O que começou por ser uma operação acaba por ser um esquecimento, e não vejo nenhum mérito em pura e simplesmente esquecer. Esquecer é sempre uma falência fisiológica, mesmo que seja útil como defesa do organismo. Começou-se por tentar depurar estes conceitos medievais da sua conotação cristã e pagã para dar ilusão de um mundo novo. Mas as palavras têm a sua própria força, a sua própria lógica, não podem ser arbitrariamente usadas. Se eu disser que um ministro é um rabanete será difícil que as pessoas acreditem que estou a fazer uma classificação meramente biológica credível.

O que pretendo com isto dizer é que sofremos de um duplo movimento. Não superámos, apenas depurámos o que vinha da Idade Média.

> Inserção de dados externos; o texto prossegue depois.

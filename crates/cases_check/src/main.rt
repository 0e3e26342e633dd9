//! Prints what a check of configurations says, over the texts of which cases_exchange has verdicts: a text, or `old|new` for the
//! bench configuration with new in the place of old. What must be printed comes from the tables of the page on configurations.
#![tactic(auto)]

use cases_page::Page;
use mt_check::{check, explain};
use std::alloc::{AllocError, Global};
use std::{fs, io};

fn main(rt: HostRuntime) -> io::Result<()> {
    let alloc = rt.alloc();
    let mut page = Page::new(alloc);
    let bench = fs::read_to_string(&rt, "bench.txt")?;
    let bench = long(alloc, bench.as_str())?;
    tell(alloc, &mut page, bench.as_str(), true)?;
    let cases = fs::read_to_string(&rt, "configurations.txt")?;
    tell_cases(alloc, &mut page, bench.as_str(), cases.as_str())?;
    print!(&rt; "{}", page.whole()?)
}

fn tell_cases(alloc: Global, page: &mut Page, bench: &str, cases: &str) -> Result<(), AllocError> {
    for case in cases.lines() {
        page.add("> ");
        page.line(case);
        let case = long(alloc, case)?;
        match case.as_str().split_once('|') {
            Some((old, new)) => {
                let text = bench.replacen(alloc, old, new, 1)?;
                tell(alloc, page, text.as_str(), false)?;
            }
            None => tell(alloc, page, case.as_str(), false)?,
        }
    }
    Ok(())
}

// Tells what is said of a text: whole, or without what a node is.
fn tell(alloc: Global, page: &mut Page, text: &str, whole: bool) -> Result<(), AllocError> {
    let checked = check(alloc, text.as_bytes())?;
    let told = explain(alloc, &checked)?;
    for line in told.as_str().lines() {
        if whole || !is_of_a_node(line) {
            page.line(line);
        }
    }
    Ok(())
}

fn is_of_a_node(line: &str) -> bool {
    line.starts_with("fabric ")
        || line.starts_with("  ")
        || line.starts_with("session ")
        || line.starts_with("good ")
        || line.starts_with("signing ")
        || line.starts_with("network ")
        || line.starts_with("no fabrics")
        || line.starts_with("sessions of ")
}

// The text in which each piece `count:part` between two marks stands for so many times the part: rows between two `^`, and in
// them bytes between two `~`. In a part `#` is the number of its turn, from 1, and `@` the same in 16 digits.
fn long(alloc: Global, text: &str) -> Result<String, AllocError> {
    let rows = spelled(alloc, text, '^')?;
    spelled(alloc, rows.as_str(), '~')
}

fn spelled(alloc: Global, text: &str, mark: char) -> Result<String, AllocError> {
    let mut all = String::new(alloc);
    let mut is_piece = false;
    for part in text.split(mark) {
        match part.split_once(':') {
            Some((count, part)) if is_piece => push_turns(alloc, &mut all, count, part)?,
            _ => all.push_str(part)?,
        }
        is_piece = !is_piece;
    }
    Ok(all)
}

fn push_turns(alloc: Global, all: &mut String, count: &str, part: &str) -> Result<(), AllocError> {
    let count = count.parse::<u32>().unwrap_or(0);
    let is_same = !part.contains('#') && !part.contains('@');
    for number in 1..=count {
        if is_same {
            all.push_str(part)?;
        } else {
            push_turn(alloc, all, number, part)?;
        }
    }
    Ok(())
}

fn push_turn(alloc: Global, all: &mut String, number: u32, part: &str) -> Result<(), AllocError> {
    let long = format!(in alloc; "{number:016}")?;
    let short = format!(in alloc; "{number}")?;
    let part = part.replace(alloc, '@', long.as_str())?;
    let part = part.as_str().replace(alloc, '#', short.as_str())?;
    all.push_str(part.as_str())
}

Não fomos para além em muitos aspectos, apenas esquecemos. Depuração e esquecimento são duas ordens, uma meramente instrumental e outra de falência fisiológica. É esta a época que nos cobre. Uma época meramente instrumental em falência fisiológica, exactamente porque o instrumento, poderoso, é usado para fins que o são cada vez menos. Em que a defesa do esquecimento, de eficaz passa a mera falência de metabolismo.

É este o espaço público, em que os conceitos e os métodos são meramente fruídos e não vividos, e por isso mesmo não enriquecidos, exactamente porque a sua genealogia foi olvidada. As criaturas que o povoam são seres meramente instrumentais e em falência fisiológica. Daí que não nos devamos espantar que à expressão tenha sucedido o esgar e ao discurso o balbuciamento. Anestesiados que estamos pelo hábito, já entendemos como natural esta linguagem e esta postura. Mas se bem virmos, estas criaturas mais não são que meros portadores das suas inevitabilidades, das suas tristes sinas e de uma Idade Média em versão apodrecida, sem viço, de onde se alimentam e para onde cospem. É essa mistela de que se alimentam. Não é de estranhar que a sua digestão seja dolorosa, e o seu aspecto seja repugnante para alguém com critério.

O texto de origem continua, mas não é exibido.